Constructing Multimodal Datasets from Scratch for Rapid Development of a Japanese Visual Language Model

Keito Sasagawa, Koki Maeda, Issa Sugiura, Shuhei Kurita, Naoaki Okazaki, Daisuke Kawahara

Proceedings of the 2025 Conference of the North American Chapter of the Association for Computational Linguistics: Human Language Technologies (Volume 3: System Demonstrations) · June 2025

Methodology for quickly constructing multimodal datasets tailored for Japanese vision-language models.

BibTeX

@inproceedings{sasagawa2025llmjp3vila,
  title = {Constructing Multimodal Datasets from Scratch for Rapid Development of a Japanese Visual Language Model},
  author = {Keito Sasagawa and Koki Maeda and Issa Sugiura and Shuhei Kurita and Naoaki Okazaki and Daisuke Kawahara},
  booktitle = {Proceedings of the 2025 Conference of the North American Chapter of the Association for Computational Linguistics: Human Language Technologies (Volume 3: System Demonstrations)},
  year = {2025},
  address = {Albuquerque, USA},
  publisher = {Association for Computational Linguistics}
}

Abstract

This study addresses the scarcity of multimodal datasets for non-English languages, specifically focusing on Japanese, for visual language models (VLMs).
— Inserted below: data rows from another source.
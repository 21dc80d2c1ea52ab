//! The words of the command line: which of them are a command, and which command they are.
//!
//! The first word names the command, and those behind it are read by `clap` as the words of one simple
//! command without help and version. Stands on `hmr_types` for names of modules and on `core_model` for
//! what the roots of a page may be. Keeps: [`read_words`] is the definition `command_of`, unless memory
//! runs out. Knows nothing of what a command does.
#![tactic(auto)]

mod command;
mod found;
mod grammars;
mod plain;
mod reading;
mod roots;
mod serving;
mod usage_line;

pub use command::{Command, ServePlan, WordsFault};
pub use plain::plain_words;
pub use reading::read_words;
pub use usage_line::usage;
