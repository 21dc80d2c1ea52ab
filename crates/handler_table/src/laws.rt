// What is known of each closure stays known as closures leave a shelf and handlers leave a table. A
// caller that holds a shelf or a table carries it along by these laws.
ghost use Rattle.std.specs.Prelude.{◌≡◌, ◌++◌, ◌∷◌, [], ℕ, List, IfSome, None, Some, drop, slice_get};
ghost use Rattle.std.specs.List.{All};
ghost use Rattle.handler_table.specs.Handler.{KeepsItsWord};
ghost use Rattle.handler_table.specs.Handlers.{Holdings, KeepTheirWord};
ghost use Rattle.handler_table.specs.Held.{Closure, IsHost};
ghost use Rattle.handler_table.specs.Shelf.{first_of, without_first};
ghost use Rattle.handler_table.specs.declared.dep.Dep.{Dep};
ghost use Rattle.handler_table.specs.declared.handler.Handler.{Handler};

use retained_data::{Bag, Ran};
use std::alloc::AllocError;

/// What is known of each closure of a shelf is known of the first of a label and of those that are left.
pub fn shelves_keep_their_word<F: FnOnce(Bag) -> Result<Ran, AllocError> + Drop>()
    ensures first { (label : List ℕ) (hs : List (Closure F)) → All (IsHost F.post) hs
        → IfSome (first_of label hs) (IsHost F.post) }
    ensures left { (label : List ℕ) (hs : List (Closure F)) → All (IsHost F.post) hs
        → All (IsHost F.post) (without_first label hs) }
{}

/// What is known of each handler of a table stays known with one more of which it is known, and with one
/// fewer; and it is known of the earliest callback.
pub fn tables_keep_their_word<F: FnOnce(Bag) -> Result<Ran, AllocError> + Drop>()
    ensures none { KeepTheirWord F.post (record { dispose = None; prune = None; own = []; deps = [] }) }
    ensures dispose { (t : Holdings F) (h : Handler F) → KeepTheirWord F.post t → KeepsItsWord F.post h
        → KeepTheirWord F.post (record t { dispose = Some h }) }
    ensures prune { (t : Holdings F) (h : Handler F) → KeepTheirWord F.post t → KeepsItsWord F.post h
        → KeepTheirWord F.post (record t { prune = Some h }) }
    ensures own { (t : Holdings F) (h : Handler F) → KeepTheirWord F.post t → KeepsItsWord F.post h
        → KeepTheirWord F.post (record t { own = t.own ++ h ∷ [] }) }
    ensures no_dispose { (t : Holdings F) → KeepTheirWord F.post t
        → KeepTheirWord F.post (record t { dispose = None }) }
    ensures no_prune { (t : Holdings F) → KeepTheirWord F.post t
        → KeepTheirWord F.post (record t { prune = None }) }
    ensures earliest { (t : Holdings F) → KeepTheirWord F.post t
        → IfSome (slice_get t.own 0) (KeepsItsWord F.post) }
    ensures later { (t : Holdings F) → KeepTheirWord F.post t
        → KeepTheirWord F.post (record t { own = drop 1 t.own }) }
    ensures deps { (t : Holdings F) (ds : List Dep) → KeepTheirWord F.post t
        → KeepTheirWord F.post (record t { deps = ds }) }
{}
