// What static analysis tells of a module. Its specifiers are read first, in the order of the text,
// since the first that means no module goes before every other fault.
ghost use Rattle.std.specs.List.{list_any};
ghost use Rattle.std.specs.Prelude.{◌≡◌, IfOk, filter, flat_map, map};
ghost use Rattle.module_tree.specs.Tree.{item_of, module_of};
ghost use Rattle.module_semantics.specs.Analysis.{analysed, exported_by, firsts, is_decline, is_own};
ghost use Rattle.module_semantics.specs.Entries.{has_name};
ghost use Rattle.import_scan.specs.Analysing.{analysis_with, scan_fault};
ghost use Rattle.import_scan.specs.Fault.{Gives};
ghost use Rattle.import_scan.specs.Scanning.{add_among, meant_of};

use crate::specifiers::{Meant, meant_in};
use hmr_types::limits::IMPORTS;
use hmr_types::{Analysis, ModName, Name, Sequence, SpecFault};
use module_semantics::ScanFault;
use module_tree::{Item, Module};
use std::alloc::{AllocError, Global};

/// The analysis of a module of the name `base`: its imports and the imports that it accepts, each
/// once, in the order of their first occurrence, and its exports in order.
///
/// `Spec` comes exactly where a specifier of an import or an accept means no module, with the refusal
/// of the first such; else `TooManyImports` exactly where more than 256 different modules are imported.
/// `NoMemory` may come in place of any answer. It takes time linear in the tree, but for the look-up of
/// imported names, of which there are at most 256.
pub fn analyse(alloc: Global, base: &ModName, tree: &Module) -> Result<Analysis, ScanFault>
    ensures { Gives result (analysed base.now (module_of tree.now)) }
{
    let meant = match meant_in(alloc, base, &tree.items) {
        Ok(meant) => meant,
        Err(fault) => return Err(scan_fault(fault)),
    };
    if meant.imported.len() > IMPORTS {
        return Err(ScanFault::TooManyImports);
    }
    match analysis_with(alloc, meant, &tree.items) {
        Ok(analysis) => Ok(analysis),
        Err(_) => Err(ScanFault::NoMemory),
    }
}

/// The refusal of a specifier as one of the analysis.
fn scan_fault(fault: SpecFault) -> ScanFault
    ensures { result ≡ scan_fault fault }
{
    match fault {
        SpecFault::NoMemory => ScanFault::NoMemory,
        _ => ScanFault::Spec(fault),
    }
}

/// The analysis of items whose specifiers mean this.
#[tactic(auto, using(crate::proofs::Items::any_of_map))]
fn analysis_with(alloc: Global, meant: Meant, items: &[Item]) -> Result<Analysis, AllocError>
    ensures { IfOk result (λ analysis. analysis ≡ analysis_with (meant_of meant) (map item_of items.now)) }
{
    let accepted = among(alloc, &meant.accepted, &meant.imported)?;
    Ok(Analysis {
        imports: Sequence::from_vec(meant.imported),
        exports: Sequence::from_vec(exports(alloc, items)?),
        self_accepts: accepts_itself(items),
        accepted: Sequence::from_vec(accepted),
        declined: declines(items),
    })
}

/// Those of the names that are among the others, each once, where it comes first.
fn among(alloc: Global, names: &[ModName], others: &[ModName]) -> Result<Vec<ModName>, AllocError>
    ensures { IfOk result (λ found. found.items ≡ filter (λ n. has_name n others.now) (firsts names.now)) }
{
    let mut found = Vec::new(alloc);
    for name in names {
        add_among(&mut found, name, others)?;
    }
    Ok(found)
}

/// One more name behind those that came, where it is new and among the others.
fn add_among(came: &mut Vec<ModName>, name: &ModName, others: &[ModName]) -> Result<(), AllocError>
    ensures { IfOk result (λ _. came.new.items ≡ add_among others.now came.old.items name.now) }
{
    let taken = others.contains(name) && !came.contains(name);
    if taken {
        came.push(name.clone()?)?;
    }
    Ok(())
}

/// The names that these items export, in order.
fn exports(alloc: Global, items: &[Item]) -> Result<Vec<Name>, AllocError>
    ensures { IfOk result (λ names. names.items ≡ flat_map exported_by (map item_of items.now)) }
{
    let mut names = Vec::new(alloc);
    for item in items {
        if let Item::Declare {
            exported: true,
            mutable: _,
            name,
            value: _,
        } = item
        {
            names.push(name.clone()?)?;
        }
    }
    Ok(names)
}

/// Whether one of these items accepts the module itself.
fn accepts_itself(items: &[Item]) -> bool
    ensures { result ≡ list_any (λ i. is_own (item_of i)) items.now }
{
    items.iter().any(is_own)
}

fn is_own(item: &Item) -> bool
    ensures { result ≡ is_own (item_of item.now) }
{
    matches!(item, Item::Own(_))
}

/// Whether one of these items is a decline.
fn declines(items: &[Item]) -> bool
    ensures { result ≡ list_any (λ i. is_decline (item_of i)) items.now }
{
    items.iter().any(is_decline)
}

fn is_decline(item: &Item) -> bool
    ensures { result ≡ is_decline (item_of item.now) }
{
    matches!(item, Item::Decline)
}
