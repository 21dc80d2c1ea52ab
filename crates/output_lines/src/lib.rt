//! The lines that the program writes, as values, and the words in them.
//!
//! Stands on `hmr_types`. Keeps: one variant for each form of line, with the fields that the line shows.
//! Knows nothing of the bytes of a line, which `play_text` writes, or of what makes a line.
#![tactic(auto)]

mod out_line;
mod words;

pub use out_line::OutLine;
pub use words::{
    AbortWord, ClientState, EditWord, EndWord, FaultPlace, Handled, HandlerEnd, InstanceFate,
    InstanceStatus, RemoveWord, SettleWord,
};
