// The lines that the program writes, as values. Their exact bytes are the business of the crate that
// renders them.
use crate::{
    AbortWord, ClientState, EditWord, EndWord, FaultPlace, Handled, HandlerEnd, InstanceFate,
    InstanceStatus, RemoveWord, SettleWord,
};
use hmr_types::{
    ClientId, EvalFault, FaultWord, HandlerKind, ModName, Name, PlanKind, ReloadCause, Sequence,
    Slot, Text, Ver,
};

/// One line of output.
#[derive(Drop)]
pub enum OutLine {
    /// `edit NAME job V`, `edit NAME same` or `edit NAME refused WORD`.
    Edit {
        name: ModName,
        outcome: EditWord,
    },
    /// `remove NAME V`, `remove NAME same` or `remove NAME refused numbers-spent`.
    Remove {
        name: ModName,
        outcome: RemoveWord,
    },
    /// `settle NAME V` and `served`, `refused L:C WORD`, `late` or `none`.
    Settle {
        name: ModName,
        version: Ver,
        outcome: SettleWord,
    },
    /// `open C`.
    Open {
        client: ClientId,
    },
    /// `open refused`: no further client is taken.
    OpenRefused,
    /// `open bad-roots`: the roots named are more than 16, or two of them are equal.
    OpenBadRoots,
    /// `close C`.
    Close {
        client: ClientId,
    },
    /// `unknown C`: a step named a client that isn't open.
    Unknown {
        client: ClientId,
    },
    /// `C loaded`, `C reloaded` or `C updated`, after all lines of that plan.
    Applied {
        client: ClientId,
        plan: PlanKind,
    },
    /// `C reload root NAME..` or `C reload declined NAME..`: the unaccepted path, in its order.
    Reload {
        client: ClientId,
        cause: ReloadCause,
        path: Sequence<ModName>,
    },
    /// `C batch B by NAME..`: the number of the batch, and the changed and invalidated names that it
    /// is for. It stands before the line of a reload or an update.
    Batch {
        client: ClientId,
        batch: u64,
        triggered: Sequence<ModName>,
    },
    /// `C update NAME..`: the replaced names, sorted by bytes; a name that the message repeats stays.
    Update {
        client: ClientId,
        replaced: Sequence<ModName>,
    },
    /// `C accept BOUNDARY VIA`.
    Accept {
        client: ClientId,
        boundary: ModName,
        via: ModName,
    },
    /// `C aborted` and `missing NAME`, `broken NAME` or `link NAME FROM EXPORT`.
    Aborted {
        client: ClientId,
        outcome: AbortWord,
    },
    /// `C pruned NAME`.
    Pruned {
        client: ClientId,
        name: ModName,
    },
    /// `C error NAME L:C WORD`: line and column as the message has them.
    Error {
        client: ClientId,
        name: ModName,
        line: u64,
        column: u64,
        word: FaultWord,
    },
    /// `C wait NAME`.
    Wait {
        client: ClientId,
        name: ModName,
    },
    /// `C log NAME TEXT`: a console line, or the line of a host closure.
    Log {
        client: ClientId,
        name: ModName,
        text: Text,
    },
    /// `C fault NAME PLACE WORD`.
    Fault {
        client: ClientId,
        name: ModName,
        place: FaultPlace,
        fault: EvalFault,
    },
    /// `C unrun NAME`.
    Unrun {
        client: ClientId,
        name: ModName,
    },
    /// `C nohost NAME LABEL`.
    NoHost {
        client: ClientId,
        name: ModName,
        label: Text,
    },
    /// `C invalidated NAME MESSAGE`.
    Invalidated {
        client: ClientId,
        name: ModName,
        message: Text,
    },
    /// `C ignored NAME`.
    Ignored {
        client: ClientId,
        name: ModName,
    },
    /// `C full EVENT`: as many events wait for the client as may, so this one doesn't reach it. The event
    /// is named by its module, `/event/my/ping`, and written as `my:ping`.
    Full {
        client: ClientId,
        event: ModName,
    },
    /// `C quiet`: no event waits for the client.
    Quiet {
        client: ClientId,
    },
    /// `C busy`: the client can't hear now, and its events go on waiting.
    Busy {
        client: ClientId,
    },
    /// `C event EVENT`: the client hears this event, named by its module.
    Event {
        client: ClientId,
        event: ModName,
    },
    /// `C ended WORD`.
    Ended {
        client: ClientId,
        word: EndWord,
    },
    /// `client C up` or `client C behind`.
    Client {
        client: ClientId,
        state: ClientState,
    },
    /// `NAME V`: a module of a table.
    Module {
        name: ModName,
        version: Ver,
    },
    /// `stale B X`: the live instance of B is linked to an older instance of X.
    Stale {
        importer: ModName,
        dependency: ModName,
    },
    /// `values C`.
    Values {
        client: ClientId,
    },
    /// `value NAME EXPORT VALUE`.
    Value {
        name: ModName,
        export: Name,
        value: Slot,
    },
    /// `fates C`.
    Fates {
        client: ClientId,
    },
    /// `instance I NAME V STATUS FATE`.
    Instance {
        number: u32,
        name: ModName,
        version: Ver,
        status: InstanceStatus,
        fate: InstanceFate,
    },
    /// `KIND code END` or `KIND host LABEL NUMBER END`.
    Handler {
        kind: HandlerKind,
        handled: Handled,
        end: HandlerEnd,
    },
    /// `fresh`: the fresh load of the server's roots.
    Fresh,
    /// `fresh C`: the fresh load of a client's own roots.
    FreshOf {
        client: ClientId,
    },
    /// `missing NAME`: a name of the fresh load that isn't served.
    Missing {
        name: ModName,
    },
    /// `unlinked N M X`: N imports X of M, and the served M doesn't export it.
    Unlinked {
        importer: ModName,
        dependency: ModName,
        export: Name,
    },
}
We present an efficient method for rapidly creating comprehensive Japanese multimodal datasets. This involves extracting Japanese image-text pairs from web archives and generating instruction data directly from images using established vision-language models (VLMs). Our datasets significantly enhance the alignment between visual and textual content compared to machine-translated alternatives. Experimental evaluations demonstrate that VLMs trained on our datasets achieve superior accuracy, promoting regional localization and cultural accuracy in multimodal tasks.